### Exercise objective
If a line in the entries below contains the word "FitsKind", it counts; report how many such lines there are, and only that number.

---------------

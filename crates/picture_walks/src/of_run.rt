//! What is drawn of a run.

ghost use Rattle.std.specs.Prelude.{◌≡◌, IfOk};
ghost use Rattle.picture_scene.specs.declared.walk.Kind.TheVariants as kinds;

use crate::hops::Hops;
use crate::run::Run;
use base_notes::{Notes, Times};
use machine_steps::Verdict;
use picture_scene::{Braces, Edges, Kind, Scene, Walk};
use read_decks::Deck;
use std::alloc::{AllocError, Global};

/// What is drawn of a run with this verdict, of a deck, a timing table and notes.
pub fn of_run(
    alloc: Global,
    run: Run,
    verdict: &Verdict,
    deck: &Deck,
    times: &Times,
    notes: &Notes,
) -> Result<Scene, AllocError>
    ensures kind { IfOk result (λ scene. scene.walk.kind ≡ kinds.Run verdict.now) }
    ensures time { IfOk result (λ scene. scene.walk.time ≡ run.time) }
    ensures shares { IfOk result (λ scene. scene.shares ≡ run.shares) }
{
    let Run {
        angle,
        kept,
        mut tallies,
        edges,
        shares,
        time,
    } = run;
    let walk = Walk {
        kind: Kind::Run(*verdict),
        angle,
        time,
    };
    tallies.note_flow(alloc, deck, notes)?;
    let hops = Hops {
        visits: &kept,
        angle,
        times,
    };
    let (rows, extent) = hops.rows(alloc, walk, &tallies)?;
    Ok(Scene {
        walk,
        tallies,
        edges: Edges::of_counts(alloc, &edges)?,
        shares,
        rows,
        extent,
        braces: Braces::new(alloc),
    })
}
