ghost use Rattle.std.specs.Prelude.{◌≡◌, [], ◌∷◌, ◌<◌, ◌≤◌, map, option_map, slice_get, length};
ghost use Rattle.std.specs.Prelude.{Some, Contains, IfOk, IfSome, IfNone, OnOk};
ghost use Rattle.base_graphs.specs.Graph.{AreDifferent};
ghost use Rattle.flow_graph.specs.Executed.{with_new};
ghost use Rattle.flow_graph.specs.Found.{places_of};

use base_graphs::Distinct;
use base_words::Location;
use std::alloc::{AllocError, Global};

/// Locations without repeats, in the order in which they are found: the executed ones, or the
/// successors of one.
#[derive(Debug, Drop)]
pub struct LocationSet {
    locations: Distinct<Location>,
}

impl LocationSet {
    /// The list without any location.
    pub fn none(alloc: Global) -> LocationSet
        ensures { places_of result ≡ [] }
    {
        LocationSet {
            locations: Distinct::none(alloc),
        }
    }

    /// The list of the start alone.
    pub fn new(alloc: Global, start: Location) -> Result<LocationSet, AllocError>
        ensures { IfOk result (λ executed. places_of executed ≡ start.number ∷ []) }
    {
        let mut locations = Distinct::none(alloc);
        locations.add(start)?;
        Ok(LocationSet { locations })
    }

    /// Adds a location, unless it is there.
    pub fn add(&mut self, location: Location) -> Result<(), AllocError>
        ensures { OnOk result (places_of self.new
            ≡ with_new (places_of self.old) (location.number ∷ [])) }
    {
        self.locations.add(location)?;
        Ok(())
    }

    /// The location at an index of the order, from 0; `None` past its end.
    pub fn get(&self, place: usize) -> Option<Location>
        ensures value { option_map (λ location. location.number) result
            ≡ slice_get (places_of self.now) place }
        ensures few { IfSome result (λ location. place < 2004) }
    {
        self.locations().get(place).copied()
    }

    /// The locations, in order.
    pub fn locations(&self) -> &[Location]
        ensures all { map (λ location. location.number) result.now ≡ places_of self.now }
        ensures different { AreDifferent (places_of self.now) }
        ensures few { length (places_of self.now) ≤ 2004 }
    {
        self.locations.as_slice()
    }

    /// The index of a location in the order; `None` for one that isn't there.
    pub fn index_of(&self, location: Location) -> Option<usize>
        ensures found { IfSome result (λ index.
            slice_get (places_of self.now) index ≡ Some location.number) }
        ensures none { IfNone result (¬ Contains (places_of self.now) location.number) }
    {
        self.locations.index_of(location)
    }
}
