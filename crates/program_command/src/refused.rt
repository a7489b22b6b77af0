//! Why a command line has no command.
ghost use Rattle.clap.specs.Values.{kind_of};
ghost use Rattle.program_command.specs.Refusal.{FitsKind};

use clap::error::ErrorKind;
use std::alloc::Global;

/// Why a command line has no command. The texts are for the user.
#[derive(Drop)]
pub enum Refused {
    /// Help was asked for: the text is the help.
    Help(String),
    /// The words are no command: the text says what is wrong, and how a line is written.
    Usage(String),
    /// There is no memory.
    Memory,
}

/// The refusal that clap's error stands for; `Memory` without memory for its text.
pub(crate) fn refused_by(alloc: Global, error: &clap::Error) -> Refused
    ensures { FitsKind (kind_of error.now) result }
{
    let kind = error.kind();
    let Ok(text) = format!(in alloc; "{error}") else {
        return Refused::Memory;
    };
    match kind {
        ErrorKind::OutOfMemory => Refused::Memory,
        ErrorKind::DisplayHelp => Refused::Help(text),
        _ => Refused::Usage(text),
    }
}
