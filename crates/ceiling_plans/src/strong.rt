//! Parts of a graph from each of whose places ways lead to all others of it.

use crate::places::Kind;
use std::alloc::{AllocError, Global};

/// A list of edges for each place: the last one, and before each edge another.
#[derive(Drop)]
struct Lists {
    last: Vec<Option<usize>>,
    before: Vec<Option<usize>>,
}

impl Lists {
    /// Without edges.
    fn none(alloc: Global, places: usize) -> Result<Lists, AllocError> {
        Ok(Lists {
            last: vec![in alloc; None; places]?,
            before: Vec::new(alloc),
        })
    }

    /// Adds the next edge to the list of a place.
    fn add(&mut self, place: usize) -> Result<(), AllocError> {
        let edge = self.before.len();
        let mut before = None;
        if let Some(last) = self.last.get_mut(place) {
            before = *last;
            *last = Some(edge);
        }
        self.before.push(before)?;
        Ok(())
    }

    /// The last edge of a place.
    fn last_of(&self, place: usize) -> Option<usize> {
        match self.last.get(place) {
            Some(edge) => *edge,
            None => None,
        }
    }

    /// The edge before this one.
    fn before(&self, edge: usize) -> Option<usize> {
        match self.before.get(edge) {
            Some(before) => *before,
            None => None,
        }
    }
}

/// A place that is gone through, with the edge that is next.
#[derive(Clone, Copy)]
struct Open {
    place: usize,
    next: Option<usize>,
}

/// The search for the parts.
#[derive(Drop)]
struct Parting<'a> {
    edges: &'a [Kind],
    onward: Lists,
    backward: Lists,
    is_seen: Vec<bool>,
    open: Vec<Open>,
    /// The places in the order in which they were left.
    left: Vec<usize>,
    parts: Vec<Option<usize>>,
}

/// By place, the part that it belongs to: one of the part's places. None of those that no edge
/// touches.
pub fn parts_of(
    alloc: Global,
    places: usize,
    edges: &[Kind],
) -> Result<Vec<Option<usize>>, AllocError> {
    let mut onward = Lists::none(alloc, places)?;
    let mut backward = Lists::none(alloc, places)?;
    for edge in edges {
        onward.add(edge.from)?;
        backward.add(edge.onto)?;
    }
    let mut parting = Parting {
        edges,
        onward,
        backward,
        is_seen: vec![in alloc; false; places]?,
        open: Vec::new(alloc),
        left: Vec::new(alloc),
        parts: vec![in alloc; None; places]?,
    };
    parting.leave_all()?;
    parting.part_all()?;
    let Parting { parts, .. } = parting;
    Ok(parts)
}

impl Parting<'_> {
    /// Goes through all places that edges begin at or lead to.
    fn leave_all(&mut self) -> Result<(), AllocError> {
        for edge in self.edges {
            self.leave_from(edge.from)?;
            self.leave_from(edge.onto)?;
        }
        Ok(())
    }

    /// Goes through all places to which ways lead from one, each left behind those that it leads
    /// to.
    fn leave_from(&mut self, place: usize) -> Result<(), AllocError> {
        self.meet(place)?;
        let steps = self.edges.len().saturating_add(self.is_seen.len());
        for _ in 0..=steps {
            let Some(inside) = self.open.pop() else {
                break;
            };
            let Some(edge) = inside.next else {
                self.left.push(inside.place)?;
                continue;
            };
            self.open.push(Open {
                place: inside.place,
                next: self.onward.before(edge),
            })?;
            if let Some(onto) = self.onto(edge) {
                self.meet(onto)?;
            }
        }
        Ok(())
    }

    /// Where an edge leads.
    fn onto(&self, edge: usize) -> Option<usize> {
        Some(self.edges.get(edge)?.onto)
    }

    /// Meets a place, if it wasn't seen before.
    fn meet(&mut self, place: usize) -> Result<(), AllocError> {
        if let Some(is_seen) = self.is_seen.get_mut(place)
            && !*is_seen
        {
            *is_seen = true;
            let next = self.onward.last_of(place);
            self.open.push(Open { place, next })?;
        }
        Ok(())
    }

    /// Tells all places their parts, those that were left last first.
    fn part_all(&mut self) -> Result<(), AllocError> {
        for index in (0..self.left.len()).rev() {
            if let Some(place) = self.left.get(index).copied() {
                self.part_from(place)?;
            }
        }
        Ok(())
    }

    /// The part of a place, if it has none yet: from where ways lead to it.
    fn part_from(&mut self, place: usize) -> Result<(), AllocError> {
        self.join(place, place)?;
        for _ in 0..self.is_seen.len() {
            let Some(inside) = self.open.pop() else {
                break;
            };
            self.join_before(inside.place, place)?;
        }
        Ok(())
    }

    /// Joins the places from which edges lead to one.
    fn join_before(&mut self, place: usize, part: usize) -> Result<(), AllocError> {
        let mut next = self.backward.last_of(place);
        for _ in 0..self.edges.len() {
            let Some(edge) = next else {
                break;
            };
            let from = self.edges.get(edge).map_or(place, |edge| edge.from);
            self.join(from, part)?;
            next = self.backward.before(edge);
        }
        Ok(())
    }

    /// Joins a place to a part, if it has none yet.
    fn join(&mut self, place: usize, part: usize) -> Result<(), AllocError> {
        if let Some(own) = self.parts.get_mut(place)
            && own.is_none()
        {
            *own = Some(part);
            self.open.push(Open { place, next: None })?;
        }
        Ok(())
    }
}
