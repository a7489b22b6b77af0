//! Rounds: where a loop's round ends at the site at which the one before ended, as many more as
//! nothing hinders, so that one is left of each count and of each kind, but of the pass itself.

use crate::trail::Taken;
use crate::walking::Walking;
use ceiling_rows::SiteEdge;
use std::alloc::AllocError;

/// What it was where a round of a loop ended.
#[derive(Drop)]
pub struct Visit {
    site: usize,
    /// The number of the loop.
    number: usize,
    /// How many pieces there were.
    pieces: usize,
    counts: Vec<u32>,
    step: u32,
    clock: u128,
    angle: u64,
    /// The step by which the loop's visit began.
    begun: u32,
}

/// The rounds that are taken at once.
#[derive(Drop)]
struct More {
    /// How many.
    rounds: u16,
    /// By mark, by how much its count rises each time.
    rises: Vec<u32>,
    taken: Vec<Taken>,
    /// How many pieces stand before them.
    pieces: usize,
    /// What one takes.
    time: u128,
}

impl Walking<'_> {
    /// The place of what it was where a round of this loop ended here before.
    fn place_of(&self, number: usize) -> Option<usize> {
        self.visits
            .iter()
            .position(|one| one.site == self.site && one.number == number)
    }

    /// The step by which a loop's visit began.
    fn begun_of(&self, number: usize) -> u32 {
        self.begun.get(number).copied().unwrap_or(0)
    }

    /// Remembers that a round of a loop ended here.
    pub fn visit(&mut self, number: usize) -> Result<(), AllocError> {
        let visit = Visit {
            site: self.site,
            number,
            pieces: self.trail.len(),
            counts: self.counts.clone()?,
            step: self.steps,
            clock: self.clock,
            angle: self.trail.angle,
            begun: self.begun_of(number),
        };
        let place = self.place_of(number);
        if let Some(place) = place
            && let Some(known) = self.visits.get_mut(place)
        {
            *known = visit;
            return Ok(());
        }
        self.visits.push(visit)?;
        Ok(())
    }

    /// Takes more rounds of a loop, the last of which ended by this edge, if there may be some.
    pub fn go_round(&mut self, number: usize, edge: &SiteEdge) -> Result<(), AllocError> {
        let Some(more) = self.more_rounds(number, edge.mark)? else {
            return Ok(());
        };
        let times = more.rounds.saturating_add(1);
        if !self.trail.close(more.pieces, times, &more.taken)? {
            return Ok(());
        }
        let rounds = i128::from(more.rounds);
        self.stock
            .go_round(self.ground.loops, number, &more.taken, rounds);
        for (count, rise) in self.counts.iter_mut().zip(&more.rises) {
            let all = rise.saturating_mul(u32::from(more.rounds));
            *count = count.saturating_add(all);
        }
        let time = more.time.saturating_mul(u128::from(more.rounds));
        self.clock = self.clock.saturating_add(time);
        let before = self.clock.saturating_sub(u128::from(edge.time));
        self.trail
            .end_here(before.saturating_add(u128::from(edge.stop)));
        self.visits.retain(|visit| visit.pieces <= more.pieces);
        Ok(())
    }

    /// The rounds that may be taken at once behind the one that has ended; none, where there are
    /// none.
    fn more_rounds(&mut self, number: usize, mark: Option<u8>) -> Result<Option<More>, AllocError> {
        let Some(place) = self.place_of(number) else {
            return Ok(None);
        };
        let Some(visit) = self.visits.get(place) else {
            return Ok(None);
        };
        if visit.begun != self.begun_of(number) || visit.angle != self.trail.angle {
            return Ok(None);
        }
        let (pieces, begun, since) = (visit.pieces, visit.clock, visit.step);
        let Some(rises) = self.rises_since(visit)? else {
            return Ok(None);
        };
        let taken = self.trail.taken_since(pieces)?;
        let least = self.rounds_by_counts(&rises, mark);
        let least = least.min(self.rounds_by_plan(number, &taken, mark));
        let loops = self.ground.loops;
        let rounds = least.min(self.stock.even_rounds(loops, number, since, &taken));
        let rounds = u16::try_from(rounds.min(60_000)).unwrap_or(0);
        if rounds == 0 {
            return Ok(None);
        }
        let time = self.clock.saturating_sub(begun);
        Ok(Some(More {
            rounds,
            rises,
            taken,
            pieces,
            time,
        }))
    }

    /// By how much each count has risen since; none, where one has fallen, or was set back and
    /// isn't what it was.
    fn rises_since(&self, visit: &Visit) -> Result<Option<Vec<u32>>, AllocError> {
        let mut rises = Vec::new(self.alloc);
        for ((count, before), step) in self.counts.iter().zip(&visit.counts).zip(&self.set_back) {
            if count < before || count > before && *step > visit.step {
                return Ok(None);
            }
            rises.push(count.saturating_sub(*before))?;
        }
        Ok(Some(rises))
    }

    /// How many more rounds the counts allow, in which they rise by so much.
    fn rounds_by_counts(&self, rises: &[u32], mark: Option<u8>) -> u128 {
        let mut least = u128::MAX;
        let marks = self.ground.marks.list.iter();
        for (index, ((standing, count), rise)) in (0..u8::MAX).zip(
            marks.zip(&self.counts).zip(rises),
        ) {
            if *rise > 0 {
                let kept = u32::from(mark != Some(index));
                let left = standing.most.saturating_sub(*count).saturating_sub(kept);
                least = least.min(u128::from(left / (*rise).max(1)));
            }
        }
        least
    }

    /// How many more rounds the plan allows, which take as much each time.
    fn rounds_by_plan(&self, number: usize, taken: &[Taken], mark: Option<u8>) -> u128 {
        let mut least = u128::MAX;
        for one in taken {
            let is_last = match self.ground.places.kind(one.kind) {
                Some(kind) => kind.mark == mark,
                None => false,
            };
            let rounds = self.stock.rounds(self.ground.loops, number, *one, is_last);
            least = least.min(rounds);
        }
        least
    }
}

---------------

### Response area
2